*Task*
Each line of the material below that holds the word "OnOk" needs to be copied.

+++++

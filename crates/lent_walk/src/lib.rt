// A walk over a lent list of records: what it elects is written as words into a local array, as far as the list has
// room, and from there into the list.
#![tactic(auto)]

ghost use Rattle.std.specs.Prelude.{map, ◌≡◌, length};
ghost use Rattle.error.specs.Answer.{told_answer};
ghost use Rattle.book.specs.Calls.{written, walk_call};
ghost use Rattle.pricelevel.specs.Price.{to_price};

use book::{Counts, ELECTED_WORDS, Elected, MOST_RECORDS, Settings};
use copying::least;
use error::Refusal;
use lent_lists::fill;
use pricelevel::Price;
use word_rooms::elected_count;

// A walk: a point at each price in turn. The elected are written from the start of the list; later entries stay.
// Refused: the store is not well formed (1); the list is shorter than the pending count (14); not 1 to 4,096 prices
// (16).
pub fn walk(
    s: &mut [u64],
    settings: Settings,
    prev: Option<Price>,
    prices: &[u64],
    elected: &mut [Elected],
) -> Result<Counts, Refusal>
    ensures { let o = walk_call settings prev (map to_price prices.now) s.old (length elected.old) in
        (told_answer result ≡ o.answer)
        × (s.new ≡ o.words)
        × (elected.new ≡ written o.elected elected.old) }
{
    let mut words = [[0u64; ELECTED_WORDS]; MOST_RECORDS];
    let room = least(elected.len(), MOST_RECORDS);
    let answer = evaluate_walk::walk(s, settings, prev, &prices[..], &mut words[..room]);
    fill(elected, &words, elected_count(answer));
    answer
}
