// Answers the terms after a trade. Refused: 255.
pub fn yubtomiq_trailed(terms: &[u64; 4], price: u64, answer: &mut [u64; 4]) -> u64
    ensures { Told terms_words (trailed_by_words terms.now price) answer.old result answer.new }
{
    host_terms::trailed(terms, price, answer)
}

// Whether a trade elects the stop: 1 or 0; or 255.
pub fn yubtomiq_elected_by(terms: &[u64; 4], price: u64) -> u64
    ensures { result ≡ elected_by_words terms.now price }
{
    host_terms::elected_by(terms, price)
}

// The inconsistency of the terms: 0 for none, a trail of zero (5), a stop on the wrong side of its watermark (6); or
// 255.
pub fn yubtomiq_inconsistency(terms: &[u64; 4]) -> u64
    ensures { result ≡ inconsistency_by_words terms.now }
{
    host_terms::inconsistency(terms)
}

// Answers the preview of a trailing stop: the new stop and reference, if there are any. Refused: 255.
pub fn yubtomiq_calculate_trailing_stop_price(
    side: u64,
    current_stop_price: u64,
    trail_amount: u64,
    last_reference_price: u64,
    current_market_price: u64,
    answer: &mut [u64; 3],
) -> u64
    ensures { Told preview_words
        (preview_by_words side current_stop_price trail_amount last_reference_price current_market_price)
        answer.old result answer.new }
{
    host_terms::calculate_trailing_stop_price(
        side,
        current_stop_price,
        trail_amount,
        last_reference_price,
        current_market_price,
        answer,
    )
}

// Answers the limit of a stop's order under a collar, if there is one. Refused: 255.
pub fn yubtomiq_limit_price(collar: u64, side: u64, stop_price: u64, answer: &mut [u64; 3]) -> u64
    ensures { Told limit_words (limit_by_words collar side stop_price) answer.old result answer.new }
{
    host_children::limit_price(collar, side, stop_price, answer)
}

// Whether a collar can be made. Refused: 17.
pub fn yubtomiq_check_collar(collar: u64) -> u64
    ensures { result ≡ number (try_new collar) }
{
    host_children::check_collar(collar)
}

// Whether a collar that can be made lies on a tick. Refused: 17, 18.
pub fn yubtomiq_check_tick_size(collar: u64, tick_size: u64) -> u64
    ensures { result ≡ number (check_of tick_size (try_new collar)) }
{
    host_children::check_tick_size(collar, tick_size)
}

// Answers the identity of the child order of a stop. Refused: 255.
pub fn yubtomiq_stop_trigger_order_id(
    namespace: &[u64; 2],
    id: &[u64; 3],
    answer: &mut [u64; 3],
) -> u64
    ensures { Told id_words (child_by_words namespace.now id.now) answer.old result answer.new }
{
    host_children::stop_trigger_order_id(namespace, id, answer)
}
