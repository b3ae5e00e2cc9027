// UUIDs of version 5 (RFC 9562).
#![tactic(auto)]

ghost use Rattle.std.specs.Prelude.{◌≡◌, ◌/◌, ◌%◌, ◌^◌, ◌<◌};
ghost use Rattle.fips180.specs.Fips.{octets};
ghost use Rattle.uuid_v5.specs.Rfc9562.{octets_of, uuid_of, stamped, v5};

// The 128 bits of a UUID, the leftmost 64 first.
#[derive(Clone, Copy)]
pub struct Uuid {
    pub high: u64,
    pub low: u64,
}

// The octet of x that has s bits below it.
fn octet(x: u64, s: u64) -> u8
    requires { s < 64 }
    ensures { result ≡ x / 2 ^ s % 256 }
{
    ((x >> s) % 256) as u8
}

// The UUID of a hash value: its first 128 bits, with the version and the variant put in.
fn of_hash(s: fips180::State) -> Uuid
    ensures { result ≡ uuid_of (stamped (octets s)) }
{
    let b = s.b as u64;
    Uuid {
        high: s.a as u64 * 0x1_0000_0000 + (b / 0x1_0000 * 0x1_0000 + (0x5000 + b % 0x1000)),
        low: (0x8000_0000 + s.c as u64 % 0x4000_0000) * 0x1_0000_0000 + s.d as u64,
    }
}

impl Uuid {
    // The UUID of version 5 of a name in a namespace.
    pub fn new_v5(namespace: Uuid, name: &[u8]) -> Uuid
        ensures { result ≡ uuid_of (v5 (octets_of namespace) name.now) }
    {
        let head = namespace.as_bytes();
        of_hash(sha1_hash::hash(&head, name))
    }

    // The 16 octets of a UUID, the most significant first.
    pub fn as_bytes(self) -> [u8; 16]
        ensures { result ≡ octets_of self }
    {
        [
            octet(self.high, 56),
            octet(self.high, 48),
            octet(self.high, 40),
            octet(self.high, 32),
            octet(self.high, 24),
            octet(self.high, 16),
            octet(self.high, 8),
            octet(self.high, 0),
            octet(self.low, 56),
            octet(self.low, 48),
            octet(self.low, 40),
            octet(self.low, 32),
            octet(self.low, 24),
            octet(self.low, 16),
            octet(self.low, 8),
            octet(self.low, 0),
        ]
    }
}
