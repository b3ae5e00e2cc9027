// What a session lends at most, and what stands in it before a call.
use book::{HEADER_WORDS, MOST_PRICES, MOST_RECORDS, RECORD_WORDS};

// Every word of an answer and of a list before a call: a number that no case has elsewhere.
pub const LENT: u64 = 9009;

// The most words and entries: those of a store of one record more than the most, and one entry more than it can need.
pub const MOST_WORDS: usize = HEADER_WORDS + RECORD_WORDS * (MOST_RECORDS + 1);

pub const MOST_ELECTED: usize = MOST_RECORDS + 1;

pub const MOST_MOVED: usize = 2 * MOST_RECORDS + 1;

pub const MOST_LISTED: usize = MOST_RECORDS + 1;

// The most places for turning points: one more than a run can need.
pub const MOST_PLACES: usize = MOST_PRICES + 1;
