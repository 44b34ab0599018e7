// Point location as `locate_with_hint_fixed_core` of triangulation_ext.rs makes it, and a scan where that would never end:
// definitions and laws, in specs/. The code is in `search`.
#![tactic(auto)]

// Where a point lies, and the condition of the operation that puts it there: `PositionInTriangulation` of the Rust,
// without its case of a mesh that has no triangle.
#[derive(Clone, Copy)]
pub enum PositionInTriangulation {
    // at the vertex
    OnVertex(u32),
    // inside the edge of this half-edge, on the side of its triangle
    OnEdge(u32),
    // strictly inside the inner face
    OnFace(u32),
    // strictly left of this half-edge of the outer face
    OutsideOfConvexHull(u32),
}

// Where a turn of the search has come to: the answer, which ends it, or the half-edge from which it goes on. An enum of its own: definitions
// of this crate, of `nearby` and of `search` have these two names for what a turn comes to.
#[derive(Clone, Copy)]
pub enum SearchState {
    Found(PositionInTriangulation),
    Onward(u32),
}
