//! The documents that a catalogue keeps: a path to an entry, and which of them have a word.
#![tactic(auto)]

mod documents;
mod plain;
mod shared_entry;
mod shared_plain;
mod standing;

pub use documents::{Documents, make_place, paths_of, plain_list, serve, take_away};
pub use plain::Plain;
pub use shared_entry::SharedEntry;
pub use shared_plain::SharedPlain;
pub use standing::Standing;
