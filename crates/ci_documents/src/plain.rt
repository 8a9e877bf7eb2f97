ghost use Rattle.std.specs.Prelude.{◌≡◌, ◌++◌, [], ◌∷◌, IfOk, OnOk, OnErr};
ghost use Rattle.ci_journal.specs.Served.{hits_in};

use crate::SharedEntry;
use ci_base::{OutOfMemory, PathText};
use ci_dialect::Restriction;
use ci_journal::Paths;
use ci_restrict::satisfies;
use std::alloc::Global;
use std::marker::Model;

/// A plain list of documents and their entries, in byte order of paths.
#[derive(Drop)]
pub struct Plain {
    documents: Vec<(PathText, SharedEntry)>,
}

impl Model for Plain {
    ghost use Rattle.std.specs.Prelude.{List, ℕ};
    ghost use Rattle.ci_keys.specs.Entry.{EntryLists};

    ghost Value = { List (List ℕ × EntryLists) };

    ghost view = { λ p. p.documents.items };
}

impl Plain {
    /// No document, and no memory taken.
    pub fn new(alloc: Global) -> Plain
        ensures { result ≡ [] }
    {
        Plain {
            documents: Vec::new(alloc),
        }
    }

    /// Appends a document.
    pub fn add(&mut self, path: PathText, entry: SharedEntry) -> Result<(), OutOfMemory>
        ensures ok { OnOk result (self.new ≡ self.old ++ (path, entry) ∷ []) }
        ensures err { OnErr result (self.new ≡ self.old) }
    {
        self.documents.push((path, entry))?;
        Ok(())
    }

    /// The paths of the documents that satisfy the restriction.
    pub fn hits(&self, alloc: Global, tree: &Restriction) -> Result<Paths, OutOfMemory>
        ensures { IfOk result (λ paths. paths ≡ hits_in tree.now self.now) }
    {
        let mut hits = Paths::new(alloc);
        for (path, entry) in self.documents.iter() {
            if satisfies(alloc, tree, path, entry.entry())? {
                hits.add(path.copy(alloc)?)?;
            }
        }
        Ok(hits)
    }

    /// Another list of the same documents, whose entries are shared.
    pub fn copy(&self, alloc: Global) -> Result<Plain, OutOfMemory>
        ensures { IfOk result (λ plain. plain ≡ self.now) }
    {
        let mut copied = Plain::new(alloc);
        for (path, entry) in self.documents.iter() {
            copied.add(path.copy(alloc)?, entry.share()?)?;
        }
        Ok(copied)
    }
}
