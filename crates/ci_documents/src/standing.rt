ghost use Rattle.std.specs.Prelude.{◌≡◌, None};
ghost use Rattle.std.specs.Option.{option_copied};

use crate::SharedEntry;
use std::marker::Model;

/// What stands for a path: its document's entry, or nothing yet. A path without an entry holds the
/// room for one, so that giving it one takes no memory.
#[derive(Drop)]
pub struct Standing {
    entry: Option<SharedEntry>,
}

impl Model for Standing {
    ghost use Rattle.std.specs.Prelude.{Option};
    ghost use Rattle.ci_keys.specs.Entry.{EntryLists};

    ghost Value = { Option EntryLists };

    ghost view = { λ s. s.entry };
}

impl Standing {
    /// Room for an entry.
    pub fn empty() -> Standing
        ensures { result ≡ None }
    {
        Standing { entry: None }
    }

    pub fn of(entry: Option<SharedEntry>) -> Standing
        ensures { result ≡ entry }
    {
        Standing { entry }
    }

    pub fn entry(&self) -> Option<&SharedEntry>
        ensures { option_copied result ≡ self.now }
    {
        self.entry.as_ref()
    }
}
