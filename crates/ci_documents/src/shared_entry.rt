ghost use Rattle.std.specs.Prelude.{◌≡◌, IfOk};

use ci_base::OutOfMemory;
use ci_keys::Entry;
use std::alloc::Global;
use std::marker::Model;
use std::sync::Arc;

/// An entry that several lists hold without a copy. Contracts see the entry.
#[derive(Drop)]
pub struct SharedEntry {
    entry: Arc<Entry, Global>,
}

impl Model for SharedEntry {
    ghost use Rattle.std.specs.Arc.{arc_value};
    ghost use Rattle.ci_keys.specs.Entry.{EntryLists};

    ghost Value = { EntryLists };

    ghost view = { λ s. arc_value s.entry };
}

impl SharedEntry {
    pub fn new(alloc: Global, entry: Entry) -> Result<SharedEntry, OutOfMemory>
        ensures { IfOk result (λ shared. shared ≡ entry) }
    {
        Ok(SharedEntry {
            entry: Arc::new(alloc, entry)?,
        })
    }

    pub fn entry(&self) -> &Entry
        ensures { result.now ≡ self.now }
    {
        &self.entry
    }

    /// The same entry for one holder more.
    pub fn share(&self) -> Result<SharedEntry, OutOfMemory>
        ensures { IfOk result (λ shared. shared ≡ self.now) }
    {
        Ok(SharedEntry {
            entry: Arc::try_clone(&self.entry)?,
        })
    }
}
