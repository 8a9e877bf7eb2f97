ghost use Rattle.std.specs.Prelude.{◌≡◌, IfOk};
ghost use Rattle.ci_journal.specs.Served.{hits_in};

use crate::Plain;
use ci_base::OutOfMemory;
use ci_dialect::Restriction;
use ci_journal::Paths;
use std::alloc::Global;
use std::marker::Model;
use std::sync::Arc;

/// A plain list of documents that several questions hold without a copy. Contracts see the list.
#[derive(Drop)]
pub struct SharedPlain {
    plain: Arc<Plain, Global>,
}

impl Model for SharedPlain {
    ghost use Rattle.std.specs.Arc.{arc_value};
    ghost use Rattle.std.specs.Prelude.{List, ℕ};
    ghost use Rattle.ci_keys.specs.Entry.{EntryLists};

    ghost Value = { List (List ℕ × EntryLists) };

    ghost view = { λ s. arc_value s.plain };
}

impl SharedPlain {
    pub fn new(alloc: Global, plain: Plain) -> Result<SharedPlain, OutOfMemory>
        ensures { IfOk result (λ shared. shared ≡ plain) }
    {
        Ok(SharedPlain {
            plain: Arc::new(alloc, plain)?,
        })
    }

    /// The paths of the documents that satisfy the restriction.
    pub fn hits(&self, alloc: Global, tree: &Restriction) -> Result<Paths, OutOfMemory>
        ensures { IfOk result (λ paths. paths ≡ hits_in tree.now self.now) }
    {
        self.plain.hits(alloc, tree)
    }

    /// The same list for one holder more.
    pub fn share(&self) -> Result<SharedPlain, OutOfMemory>
        ensures { IfOk result (λ shared. shared ≡ self.now) }
    {
        Ok(SharedPlain {
            plain: Arc::try_clone(&self.plain)?,
        })
    }
}
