ghost use Rattle.std.specs.Prelude.{◌≡◌, true, nat_lt, map, OnOk, IfOk, Some, None};
ghost use Rattle.std.specs.List.Sorted.{IsStrictlySortedBy};
ghost use Rattle.std.specs.Map.{keys_of};
ghost use Rattle.ci_journal.specs.Terms.{path_cmp};
ghost use Rattle.ci_documents.specs.Documents.{KeepsEntries, Serves, Settles, has_place, present};

use crate::{Plain, SharedEntry, Standing};
use ci_base::{OutOfMemory, PathText, Seq};
use ci_journal::Paths;
use std::alloc::Global;
use std::collections::BTreeMap;

/// The documents by their paths, in byte order.
pub type Documents = BTreeMap<PathText, Standing>;

/// Makes room for the entry of a path.
pub fn make_place(
    alloc: Global,
    documents: &mut Documents,
    path: &PathText,
) -> Result<(), OutOfMemory>
    ensures keeps { KeepsEntries documents.old.entries documents.new.entries }
    ensures place { OnOk result (has_place documents.new.entries path.now ≡ true) }
{
    if documents.contains_key(path) {
        return Ok(());
    }
    documents.insert(path.copy(alloc)?, Standing::empty())?;
    Ok(())
}

/// Gives the path this entry, in the room that was made for it, where the completion's number is
/// above the number that the path was served under.
pub fn serve(documents: &mut Documents, path: &PathText, served: Seq, seq: Seq, entry: SharedEntry)
    requires { has_place documents.old.entries path.now ≡ true }
    ensures { let counts = nat_lt served.0 seq.0 in
        Serves documents.old.entries documents.new.entries path.now counts entry }
{
    if served < seq {
        settle(documents, path, entry);
    }
}

fn settle(documents: &mut Documents, path: &PathText, entry: SharedEntry)
    requires { has_place documents.old.entries path.now ≡ true }
    ensures { Settles documents.old.entries documents.new.entries path.now (Some entry) }
{
    if let Some(standing) = documents.get_mut(path) {
        *standing = Standing::of(Some(entry));
    }
}

/// Takes the path's entry away, if it has one.
pub fn take_away(documents: &mut Documents, path: &PathText)
    ensures { Settles documents.old.entries documents.new.entries path.now None }
{
    if let Some(standing) = documents.get_mut(path) {
        *standing = Standing::empty();
    }
}

/// The documents with their entries, which are shared and not copied.
pub fn plain_list(alloc: Global, documents: &Documents) -> Result<Plain, OutOfMemory>
    ensures plain { IfOk result (λ plain. plain ≡ present documents.now.entries) }
    ensures order { IsStrictlySortedBy path_cmp (keys_of documents.now.entries) }
{
    let mut plain = Plain::new(alloc);
    for (path, standing) in documents.iter() {
        if let Some(entry) = standing.entry() {
            plain.add(path.copy(alloc)?, entry.share()?)?;
        }
    }
    Ok(plain)
}

/// The paths of the documents that have entries, in byte order.
pub fn paths_of(alloc: Global, documents: &Documents) -> Result<Paths, OutOfMemory>
    ensures paths { IfOk result (λ paths. paths
        ≡ map (λ d. d.0) (present documents.now.entries)) }
    ensures order { IsStrictlySortedBy path_cmp (keys_of documents.now.entries) }
{
    let mut paths = Paths::new(alloc);
    for (path, standing) in documents.iter() {
        if standing.entry().is_some() {
            paths.add(path.copy(alloc)?)?;
        }
    }
    Ok(paths)
}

+++++

*Result of the exercise*
ghost use Rattle.std.specs.Prelude.{◌≡◌, ◌++◌, [], ◌∷◌, IfOk, OnOk, OnErr};
        ensures ok { OnOk result (self.new ≡ self.old ++ (path, entry) ∷ []) }
ghost use Rattle.std.specs.Prelude.{◌≡◌, true, nat_lt, map, OnOk, IfOk, Some, None};
    ensures place { OnOk result (has_place documents.new.entries path.now ≡ true) }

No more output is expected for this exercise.